Gelombang PHK Melanda Awal 2025: Lebih dari 18 Ribu Pekerja Kehilangan Pekerjaan dalam Dua Bulan

Kementerian Ketenagakerjaan (Kemnaker) melaporkan lonjakan signifikan dalam jumlah pekerja yang terkena Pemutusan Hubungan Kerja (PHK) pada awal tahun 2025. Data terbaru menunjukkan bahwa hingga akhir Februari 2025, sebanyak 18.610 pekerja telah kehilangan pekerjaan mereka di berbagai sektor industri. Angka ini menandai peningkatan tajam dibandingkan bulan Januari, menimbulkan kekhawatiran tentang stabilitas pasar kerja di Indonesia.

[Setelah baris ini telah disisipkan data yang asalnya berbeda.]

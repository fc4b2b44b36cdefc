//! A scenario's run as a picture, or as a page with one.

ghost use Rattle.std.specs.Prelude.{◌≡◌, ◌≤◌, [], length};
ghost use Rattle.trace_io.specs.Input.{longest_input};
ghost use Rattle.trace_io.specs.declared.words.Task.TheVariants.{Draw, Page};
ghost use Rattle.trace_main.specs.Program.{Begins, IsSilentAtBad, Performs};
ghost use Rattle.trace_main.specs.Source.{IsReadFirst, Stands};

use crate::source::{Opened, Source};
use std::alloc::Global;
use std::io::Write;
use trace_io::Fault;
use trace_picture::Form;
use trace_run::{TaskEnd, draw_run};
use trace_scenario::Lined;

/// Prints a picture of the run of a scenario, or a page with one.
#[tactic(auto, using(crate::proofs::Begun::nothing_of, crate::proofs::Words::silent_same, crate::proofs::Words::silent_of, crate::proofs::Words::picture_ends, crate::proofs::Words::picture_begun))]
fn drawn_of<W: Write>(
    alloc: Global,
    source: &Source<'_>,
    first: Option<Lined<'_>>,
    form: Form,
    from: u64,
    to: u64,
    out: &mut W,
) -> Result<TaskEnd, Fault>
    requires short { length source.now.given ≤ longest_input }
    requires stands { Stands source.now }
    requires first { IsReadFirst source.now first }
    ensures picture { Performs (Draw from to) source.now.given [] (W.contents out.old) (W.contents out.new) result }
    ensures page { Performs (Page from to) source.now.given [] (W.contents out.old) (W.contents out.new) result }
    ensures silent { IsSilentAtBad source.now.given (W.contents out.old) (W.contents out.new) }
    ensures begun { Begins (Draw from to) source.now.given (W.contents out.old) (W.contents out.new) }
    ensures begun_page { Begins (Page from to) source.now.given (W.contents out.old) (W.contents out.new) }
{
    let Lined {
        scenario,
        lines,
        ..
    } = source.read(alloc, first)?;
    let lines = source.told(alloc, lines.as_slice())?;
    draw_run(alloc, scenario, lines.as_slice(), from, to, form, out)
}

/// Prints a picture of the run of a text's scenario, or a page with one.
#[tactic(auto, using(crate::proofs::Begun::nothing_of, crate::proofs::Words::silent_same))]
pub(crate) fn drawn<W: Write>(
    alloc: Global,
    text: &[u8],
    form: Form,
    from: u64,
    to: u64,
    out: &mut W,
) -> Result<TaskEnd, Fault>
    requires { length text.now ≤ longest_input }
    ensures picture { Performs (Draw from to) text.now [] (W.contents out.old) (W.contents out.new) result }
    ensures page { Performs (Page from to) text.now [] (W.contents out.old) (W.contents out.new) result }
    ensures silent { IsSilentAtBad text.now (W.contents out.old) (W.contents out.new) }
    ensures begun { Begins (Draw from to) text.now (W.contents out.old) (W.contents out.new) }
    ensures begun_page { Begins (Page from to) text.now (W.contents out.old) (W.contents out.new) }
{
    let Opened { source, first } = Source::open(alloc, text)?;
    drawn_of(alloc, &source, first, form, from, to, out)
}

Lonjakan PHK ini menjadi perhatian serius karena mencerminkan peningkatan empat kali lipat hanya dalam satu bulan. Data Kemnaker menunjukkan adanya penambahan 15.285 pekerja yang di-PHK dibandingkan dengan angka Januari 2025 yang hanya mencatat 3.325 kasus. "Pada periode Januari hingga Februari 2025, terdapat 18.610 tenaga kerja yang dilaporkan terkena PHK," demikian pernyataan resmi dari Kemnaker, seperti yang tercantum dalam ikhtisar data di situs web Satu Data Kemnaker.

Distribusi PHK tidak merata di seluruh wilayah Indonesia. Provinsi Jawa Tengah menjadi wilayah dengan dampak PHK paling signifikan, menyumbang 57,37% dari total kasus PHK yang dilaporkan secara nasional. Jumlah pekerja yang kehilangan pekerjaan di Jawa Tengah mencapai angka yang mengkhawatirkan, terutama karena pada bulan Januari, provinsi ini tidak mencatat adanya kasus PHK.

Berikut rincian wilayah yang mengalami dampak PHK:

  • Jawa Tengah: Mengalami lonjakan signifikan, dari tidak ada PHK di Januari menjadi penyumbang terbesar kasus PHK nasional di Februari.
  • DKI Jakarta: Meskipun mencatat jumlah PHK tertinggi di Januari (2.650 kasus), angka ini tidak mengalami peningkatan di Februari.
  • Riau: Mengalami peningkatan tajam, dari 323 kasus PHK di Januari menjadi 3.530 kasus di Februari.
  • Jawa Timur: Mencatat penambahan 978 kasus PHK, setelah tidak ada PHK yang dilaporkan di Januari.
  • Banten: Mengalami peningkatan dari 149 kasus PHK di Januari menjadi 411 kasus di Februari.

Lonjakan PHK ini memunculkan pertanyaan tentang faktor-faktor yang mendasari fenomena ini. Analis ekonomi menduga bahwa kombinasi antara perlambatan ekonomi global, perubahan kebijakan industri, dan otomatisasi di berbagai sektor dapat menjadi penyebab utama. Pemerintah diharapkan segera mengambil langkah-langkah strategis untuk mengatasi dampak PHK, termasuk memberikan pelatihan keterampilan bagi pekerja yang terdampak, memfasilitasi pencarian kerja, dan memberikan dukungan finansial sementara untuk meringankan beban ekonomi mereka. Selain itu, penting untuk menciptakan iklim investasi yang kondusif untuk mendorong pertumbuhan ekonomi dan menciptakan lapangan kerja baru. Situasi ini memerlukan respons cepat dan terkoordinasi dari semua pihak terkait untuk meminimalkan dampak negatifnya terhadap kesejahteraan masyarakat dan stabilitas ekonomi nasional.